After tea the heavy clouds which had been gathering all the afternoon in white curled masses in the west, mounted higher with the sunset, and turned black and purple, emitting low growls, and occasionally parting to show long, jagged stripes of flame.
"It will be a good one when it gits here," remarked Rosie, putting the remaining biscuits into the bread box. "It's goin' to come sudden, too. If you've let anything to do after supper, Bob, you'd better be about it."
"Everything is battened down and tight caulked for the gale, Captain Gruber," replied Bob in nautical, but indistinct terms, his mouth being occupied with a postscript to supper, in the form of a stolen piece of Happie's cake.
It was nine o'clock, however, before the storm burst with sudden fury out of a greenish-blackness of sky and atmosphere that added to the horror of the vivid lightning.
Miss Bradbury sat erect on a straight chair with her feet on another, in rigid contempt of her own undeniable fear. Mrs. Scollard held Laura and Polly, one in each arm, and Bob and Happie tried to sing, but they missed Margery's sweet alto, and succeeded less well than usual in distracting the family attention from the storm. At its height a carriage dashed up the driveway, and a woman's voice cried: "Whoa!"
"Some one's got caught," observed Rosie, as the family looked at one another, the younger ones with a natural tendency to find something portentous in this arrival out of the wildness and blackness of the night.

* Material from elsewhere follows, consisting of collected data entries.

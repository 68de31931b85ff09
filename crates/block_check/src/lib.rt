// The check that every block ends with, added up from numbers of eight bytes.
#![tactic(auto)]

ghost use Rattle.std.specs.Prelude.{◌≡◌, ◌+◌, ◌*◌, ◌/◌, ◌%◌, ◌≤◌, length, drop};
ghost use Rattle.lfa.specs.File.{word_at, sum_words, check_of};
ghost use Rattle.block_check.specs.Lanes.{lanes_of, odd_lanes};
ghost use Rattle.block_check.specs.Whole.{check_of_whole};

use field::{word_at, word_of};

// A number of four bytes from its two words, the lower one first. By a sum, as the next: std puts numbers together from bytes, and the lanes are
// of words.
fn half_of(low: u16, high: u16) -> u32
    ensures { result ≡ low + 65536 * high }
{
    u32::from(low) + 65536 * u32::from(high)
}

// A number of eight bytes from its two halves, the lower one first.
fn long_of(low: u32, high: u32) -> u64
    ensures { result ≡ low + 4294967296 * high }
{
    u64::from(low) + 4294967296 * u64::from(high)
}

// Four bytes as one number, least byte first. A function of its own: the compiler then reads the four bytes at once.
fn half_at(s: &[u8], at: usize) -> u32
    requires { at + 4 ≤ length s.now }
    ensures { (result % 65536 ≡ word_at s.now at) × (result / 65536 ≡ word_at s.now (at + 2)) }
{
    let next = at + 2;
    half_of(word_of(s[at], s[at + 1]), word_of(s[next], s[next + 1]))
}

// Eight bytes as one number, least byte first: its four lanes of 16 bits are four words of the check.
fn long_at(s: &[u8], at: usize) -> u64
    requires { at + 8 ≤ length s.now }
    ensures { lanes_of result ≡ sum_words 4 (drop at s.now) }
{
    long_of(half_at(s, at), half_at(s, at + 4))
}

// The second and the fourth lane of a number of eight bytes, in their places.
fn odd_lanes(w: u64) -> u64
    ensures { result ≡ odd_lanes w }
{
    65536 * (w / 65536 % 65536) + 281474976710656 * (w / 65536 / 65536 / 65536)
}

// The sum of three numbers, modulo 2^64.
fn add_three(x: u64, y: u64, z: u64) -> u64
    ensures { result ≡ (x + y + z) % 18446744073709551616 }
{
    x.wrapping_add(y).wrapping_add(z)
}

// The sum of the two halves of a number of eight bytes, modulo 65,536.
fn halves_of(w: u64) -> u16
    ensures { result ≡ (w % 4294967296 + w / 4294967296) % 65536 }
{
    ((w % 4294967296 + w / 4294967296) % 65536) as u16
}

// The sum of the lanes of three numbers, modulo 65,536. The odd lanes are added with the even ones' places free to carry into; what the
// fourth lanes carry is lost, a multiple of 65,536 there. Taken from the sum of the whole numbers they leave the sums of the even lanes,
// with the odd ones' places free. So no lane is moved before all three are added, which takes fewer instructions than a shift for each.
fn lanes_of(x: u64, y: u64, z: u64) -> u16
    ensures { result ≡ (lanes_of x + lanes_of y + lanes_of z) % 65536 }
{
    let odd = add_three(odd_lanes(x), odd_lanes(y), odd_lanes(z));
    let even = add_three(x, y, z).wrapping_sub(odd);
    halves_of(even + odd / 65536)
}

// The first 504 bytes are three parts of 21 numbers of eight bytes: the sum of the lanes of one number of each part, modulo 65,536.
fn parts_at(block: &[u8], at: usize) -> u16
    requires { at + 344 ≤ length block.now }
    ensures { result ≡ (sum_words 4 (drop at block.now) + sum_words 4 (drop (at + 168) block.now) + sum_words 4 (drop (at + 336) block.now)) % 65536 }
{
    lanes_of(
        long_at(block, at),
        long_at(block, at + 168),
        long_at(block, at + 336),
    )
}

// The sum of the three words left over after the 63 numbers of eight bytes, modulo 65,536.
fn rest_of(block: &[u8]) -> u16
    ensures { result ≡ sum_words 3 (drop 504 block.now) % 65536 }
{
    word_at(block, 504)
        .wrapping_add(word_at(block, 506))
        .wrapping_add(word_at(block, 508))
}

// The check of a block: the sum of its first 255 words, kept as a u16 by wrapping adds. Each step takes three numbers of eight bytes, one
// of each part and not three in a row: the next step's then lie beside them, so that a compiler with vectors takes several steps at once.
fn whole_check(block: &[u8]) -> u16
    requires { length block.now ≡ 512 }
    ensures { result ≡ check_of block.now }
{
    let mut sum = rest_of(block);
    for i in 0..21 {
        sum = sum.wrapping_add(parts_at(block, 8 * i));
    }
    sum
}

// The check of a block of 512 bytes; 0 for any other bytes.
// A number and no Option: the clause of this public function promises 0 there.
pub fn check_of(block: &[u8]) -> u16
    ensures { result ≡ check_of_whole block.now }
{
    if block.len() != 512 {
        return 0;
    }
    whole_check(block)
}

"It's like Guy Mannering," whispered Happie to Bob.
Rosie opened the door. They heard her exclaim: "Well, for goodness' sake!"
Then she led the way into the library, as it had been decided to call what had been the parlor, and what Rosie still designated "the room."
She was followed by Miss Eunice Neumann, her sister, and an older woman; all three were very wet and looked as disgusted as mortals could look.